• What to do:
Once you have read the entries, please say how many lines hold the string "self", giving the number only.

[Stored entries]
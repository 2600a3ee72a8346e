//! Rows of bits: wires without a gate, and rows of one gate a place.

ghost use Rattle.std.specs.Prelude.{◌≡◌, if◌then◌else◌, ◌+◌, ◌-◌, ◌^◌, ◌≤◌, ◌<◌, ◌++◌, Some, ◌*◌, IfOk, OnOk, OnErr, length, map, replicate};
ghost use Rattle.cnf_base.specs.Literals.{negated, true_literal, false_literal};
ghost use Rattle.cnf_base.specs.Circuits.{Gains};
ghost use Rattle.cnf_base.specs.Assignments.{fresh_bits};
ghost use Rattle.circ_plain.specs.Signs.{sign_of};
ghost use Rattle.bit_blast.specs.Circuits.{gate_of, each_gate, literal_bits, rotated as rotated_row, repeated as repeated_row, extracted as extracted_row, turned_left, turned_right, by_gate, sum as sum_block, difference as difference_block, equality as equality_block, below as below_block, not_above as not_above_block, signed_below as signed_below_block, signed_not_above as signed_not_above_block};
ghost use Rattle.bit_blast.specs.Blocks.{connective_of, IsBuilt};

use circ_plain::{sign, sle, slt, ule, ult};
use cnf_base::{Circuit, GateKind, Lit};
use smt_terms::operator::Operator;
use std::alloc::{AllocError, Global};

/// A gate of two inputs.
#[derive(Clone, Copy, Debug)]
pub enum Connective {
    /// Both inputs are true.
    Both,
    /// Neither input is true.
    Neither,
    /// The first input is true and the second is not.
    ButNot,
    /// One input is true and the other is not.
    Differ,
}

impl Connective {
    /// The gate over these inputs.
    pub fn gate(self, a: Lit, b: Lit) -> GateKind
        ensures { result ≡ gate_of self a b }
    {
        match self {
            Connective::Both => GateKind::And(a, b),
            Connective::Neither => GateKind::And(a.negated(), b.negated()),
            Connective::ButNot => GateKind::And(a, b.negated()),
            Connective::Differ => GateKind::Xor(a, b),
        }
    }
}

/// The gate of a connective at each place of two rows of one length.
pub fn gate_row(
    kind: Connective,
    a: &[Lit],
    b: &[Lit],
    circuit: &mut Circuit,
) -> Result<Vec<Lit>, AllocError>
    requires same { length a.now ≡ length b.now }
    requires room { circuit.old.next + length a.now ≤ 2 ^ 63 }
    ensures gains { OnOk result (Gains circuit.old circuit.new (each_gate kind a.now b.now)) }
    ensures bits { IfOk result (λ r. r.items ≡ fresh_bits circuit.old.next (length a.now)) }
    ensures err { OnErr result (circuit.new ≡ circuit.old) }
{
    let mut added = circuit.part();
    let bits = gate_places(kind, a, b, &mut added)?;
    circuit.append(added)?;
    Ok(bits)
}

// The gates; where memory is wanting, some of them stand.
fn gate_places(
    kind: Connective,
    a: &[Lit],
    b: &[Lit],
    circuit: &mut Circuit,
) -> Result<Vec<Lit>, AllocError>
    requires same { length a.now ≡ length b.now }
    requires room { circuit.old.next + length a.now ≤ 2 ^ 63 }
    ensures gains { OnOk result (Gains circuit.old circuit.new (each_gate kind a.now b.now)) }
    ensures bits { IfOk result (λ r. r.items ≡ fresh_bits circuit.old.next (length a.now)) }
{
    let mut bits = Vec::with_capacity(circuit.alloc(), a.len())?;
    for k in 0..a.len() {
        let bit = circuit.gate(kind.gate(a[k], b[k]))?;
        bits.push(bit)?;
    }
    Ok(bits)
}

/// The opposite of each literal.
pub fn negated_row(alloc: Global, a: &[Lit]) -> Result<Vec<Lit>, AllocError>
    ensures { IfOk result (λ r. r.items ≡ map negated a.now) }
{
    let mut bits = Vec::with_capacity(alloc, a.len())?;
    for k in 0..a.len() {
        bits.push(a[k].negated())?;
    }
    Ok(bits)
}

/// The literal that is always true, or the one that is always false.
pub fn constant_literal(value: bool) -> Lit
    ensures { result ≡ (if value then true_literal else false_literal) }
{
    if value { Lit::TRUE } else { Lit::FALSE }
}

/// The lowest bits of a number.
pub fn literal_row(alloc: Global, width: u64, value: u128) -> Result<Vec<Lit>, AllocError>
    ensures { IfOk result (λ r. r.items ≡ literal_bits width value) }
{
    let mut bits = Vec::new(alloc);
    let mut rest = value;
    for _place in 0..width {
        bits.push(constant_literal(rest % 2 == 1))?;
        rest /= 2;
    }
    Ok(bits)
}

/// The first row, then the second.
pub fn joined(alloc: Global, low: &[Lit], high: &[Lit]) -> Result<Vec<Lit>, AllocError>
    ensures { IfOk result (λ r. r.items ≡ low.now ++ high.now) }
{
    let mut bits = Vec::from_slice(alloc, low)?;
    bits.extend_from_slice(high)?;
    Ok(bits)
}

/// A row with a literal so many times above it.
pub fn extended(alloc: Global, a: &[Lit], more: u64, by: Lit) -> Result<Vec<Lit>, AllocError>
    ensures { IfOk result (λ r. r.items ≡ a.now ++ replicate more by) }
{
    let mut bits = Vec::from_slice(alloc, a)?;
    for _place in 0..more {
        bits.push(by)?;
    }
    Ok(bits)
}

/// The highest literal of a row, false where there is none.
pub fn top(a: &[Lit]) -> Lit
    ensures { result ≡ sign_of a.now }
{
    if a.len() == 0 {
        return Lit::FALSE;
    }
    sign(a)
}

/// The row moved some places up, what stood at the top to the bottom.
pub fn rotated(alloc: Global, places: usize, a: &[Lit]) -> Result<Vec<Lit>, AllocError>
    requires { places ≤ length a.now }
    ensures { IfOk result (λ r. r.items ≡ rotated_row places a.now) }
{
    let cut = a.len() - places;
    joined(alloc, &a[cut..], &a[..cut])
}

/// A row so many times.
pub fn repeated(alloc: Global, copies: u64, a: &[Lit]) -> Result<Vec<Lit>, AllocError>
    ensures { IfOk result (λ r. r.items ≡ repeated_row copies a.now) }
{
    let mut bits = Vec::new(alloc);
    for _copy in 0..copies {
        bits.extend_from_slice(a)?;
    }
    Ok(bits)
}

/// The bits from `low` to `high`, as far as there are such.
pub fn extracted(alloc: Global, high: u64, low: u64, a: &[Lit]) -> Result<Vec<Lit>, AllocError>
    ensures { IfOk result (λ r. r.items ≡ extracted_row high low a.now) }
{
    let start = a.len().min(low as usize);
    let rest = &a[start..];
    if high < low {
        return Vec::from_slice(alloc, &rest[..0]);
    }
    let end = rest.len().min((high - low) as usize);
    let cut = rest.len().min(end + 1);
    Vec::from_slice(alloc, &rest[..cut])
}

/// The row moved so many places up, modulo its length.
pub fn rotated_left(alloc: Global, places: u64, a: &[Lit]) -> Result<Vec<Lit>, AllocError>
    ensures { IfOk result (λ r. r.items ≡ turned_left places a.now) }
{
    if a.len() == 0 {
        return Ok(Vec::new(alloc));
    }
    rotated(alloc, places as usize % a.len(), a)
}

/// The row moved so many places down, modulo its length.
pub fn rotated_right(alloc: Global, places: u64, a: &[Lit]) -> Result<Vec<Lit>, AllocError>
    ensures { IfOk result (λ r. r.items ≡ turned_right places a.now) }
{
    if a.len() == 0 {
        return Ok(Vec::new(alloc));
    }
    rotated(alloc, a.len() - places as usize % a.len(), a)
}

/// The connective of an operator that works bit by bit, and whether its gates' literals are the bits or their opposites.
pub fn bitwise_kind(operator: Operator) -> Option<(Connective, bool)>
    ensures { result ≡ connective_of operator }
{
    match operator {
        Operator::And | Operator::Bvand => Some((Connective::Both, true)),
        Operator::Or | Operator::Bvor => Some((Connective::Neither, false)),
        Operator::Xor | Operator::Bvxor => Some((Connective::Differ, true)),
        Operator::Implies => Some((Connective::ButNot, false)),
        Operator::Bvnand => Some((Connective::Both, false)),
        Operator::Bvnor => Some((Connective::Neither, true)),
        Operator::Bvxnor => Some((Connective::Differ, false)),
        _ => None,
    }
}

/// The literals of a row of gates, or their opposites.
pub fn bitwise(
    kind: Connective,
    positive: bool,
    a: &[Lit],
    b: &[Lit],
    circuit: &mut Circuit,
) -> Result<Vec<Lit>, AllocError>
    requires same { length a.now ≡ length b.now }
    requires room { circuit.old.next + length a.now ≤ 2 ^ 63 }
    ensures ok { IfOk result
        (λ row. IsBuilt (Some (by_gate kind positive a.now b.now circuit.old.next)) row.items
        circuit.old circuit.new) }
    ensures err { OnErr result (circuit.new ≡ circuit.old) }
{
    let mut added = circuit.part();
    let bits = gate_row(kind, a, b, &mut added)?;
    let bits = if positive {
        bits
    } else {
        negated_row(circuit.alloc(), bits.as_slice())?
    };
    circuit.append(added)?;
    Ok(bits)
}

/// The sum of two rows of one length and a carry.
pub fn sum(carry: Lit, a: &[Lit], b: &[Lit], circuit: &mut Circuit) -> Result<Vec<Lit>, AllocError>
    requires same { length a.now ≡ length b.now }
    requires room { circuit.old.next + 3 * length a.now ≤ 2 ^ 63 }
    ensures ok { IfOk result
        (λ row. IsBuilt (Some (sum_block carry a.now b.now circuit.old.next)) row.items circuit.old
        circuit.new) }
    ensures err { OnErr result (circuit.new ≡ circuit.old) }
{
    let (bits, _carry) = circuit.add_with(a, b, carry)?;
    Ok(bits)
}

/// The difference of two rows of one length.
pub fn difference(a: &[Lit], b: &[Lit], circuit: &mut Circuit) -> Result<Vec<Lit>, AllocError>
    requires same { length a.now ≡ length b.now }
    requires room { circuit.old.next + 3 * length a.now ≤ 2 ^ 63 }
    ensures ok { IfOk result
        (λ row. IsBuilt (Some (difference_block a.now b.now circuit.old.next)) row.items circuit.old
        circuit.new) }
    ensures err { OnErr result (circuit.new ≡ circuit.old) }
{
    let negated = negated_row(circuit.alloc(), b)?;
    sum(Lit::TRUE, a, negated.as_slice(), circuit)
}

/// The one bit that says whether two rows of one length are equal.
pub fn equality(a: &[Lit], b: &[Lit], circuit: &mut Circuit) -> Result<Vec<Lit>, AllocError>
    requires same { length a.now ≡ length b.now }
    requires room { circuit.old.next + 2 * length a.now ≤ 2 ^ 63 }
    ensures ok { IfOk result
        (λ row. IsBuilt (Some (equality_block a.now b.now circuit.old.next)) row.items circuit.old
        circuit.new) }
    ensures err { OnErr result (circuit.new ≡ circuit.old) }
{
    let mut bits = Vec::with_capacity(circuit.alloc(), 1)?;
    let bit = circuit.equal(a, b)?;
    bits.push_reserved(bit);
    Ok(bits)
}

/// The one bit that says whether the first number is below the second.
pub fn below(a: &[Lit], b: &[Lit], circuit: &mut Circuit) -> Result<Vec<Lit>, AllocError>
    requires same { length a.now ≡ length b.now }
    requires room { circuit.old.next + 2 * length a.now ≤ 2 ^ 63 }
    ensures ok { IfOk result
        (λ row. IsBuilt (Some (below_block a.now b.now circuit.old.next)) row.items circuit.old
        circuit.new) }
    ensures err { OnErr result (circuit.new ≡ circuit.old) }
{
    let mut bits = Vec::with_capacity(circuit.alloc(), 1)?;
    let bit = ult(circuit, a, b)?;
    bits.push_reserved(bit);
    Ok(bits)
}

/// The one bit that says whether the first number is not above the second.
pub fn not_above(a: &[Lit], b: &[Lit], circuit: &mut Circuit) -> Result<Vec<Lit>, AllocError>
    requires same { length a.now ≡ length b.now }
    requires room { circuit.old.next + 2 * length a.now ≤ 2 ^ 63 }
    ensures ok { IfOk result
        (λ row. IsBuilt (Some (not_above_block a.now b.now circuit.old.next)) row.items circuit.old
        circuit.new) }
    ensures err { OnErr result (circuit.new ≡ circuit.old) }
{
    let mut bits = Vec::with_capacity(circuit.alloc(), 1)?;
    let bit = ule(circuit, a, b)?;
    bits.push_reserved(bit);
    Ok(bits)
}

/// The one bit that says whether the first signed number is below the second.
pub fn signed_below(a: &[Lit], b: &[Lit], circuit: &mut Circuit) -> Result<Vec<Lit>, AllocError>
    requires same { length a.now ≡ length b.now }
    requires some { 0 < length a.now }
    requires room { circuit.old.next + 2 * length a.now ≤ 2 ^ 63 }
    ensures ok { IfOk result
        (λ row. IsBuilt (Some (signed_below_block a.now b.now circuit.old.next)) row.items
        circuit.old circuit.new) }
    ensures err { OnErr result (circuit.new ≡ circuit.old) }
{
    let mut bits = Vec::with_capacity(circuit.alloc(), 1)?;
    let bit = slt(circuit, a, b)?;
    bits.push_reserved(bit);
    Ok(bits)
}

/// The one bit that says whether the first signed number is not above the second.
pub fn signed_not_above(a: &[Lit], b: &[Lit], circuit: &mut Circuit) -> Result<Vec<Lit>, AllocError>
    requires same { length a.now ≡ length b.now }
    requires some { 0 < length a.now }
    requires room { circuit.old.next + 2 * length a.now ≤ 2 ^ 63 }
    ensures ok { IfOk result
        (λ row. IsBuilt (Some (signed_not_above_block a.now b.now circuit.old.next)) row.items
        circuit.old circuit.new) }
    ensures err { OnErr result (circuit.new ≡ circuit.old) }
{
    let mut bits = Vec::with_capacity(circuit.alloc(), 1)?;
    let bit = sle(circuit, a, b)?;
    bits.push_reserved(bit);
    Ok(bits)
}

• Expected answer:
3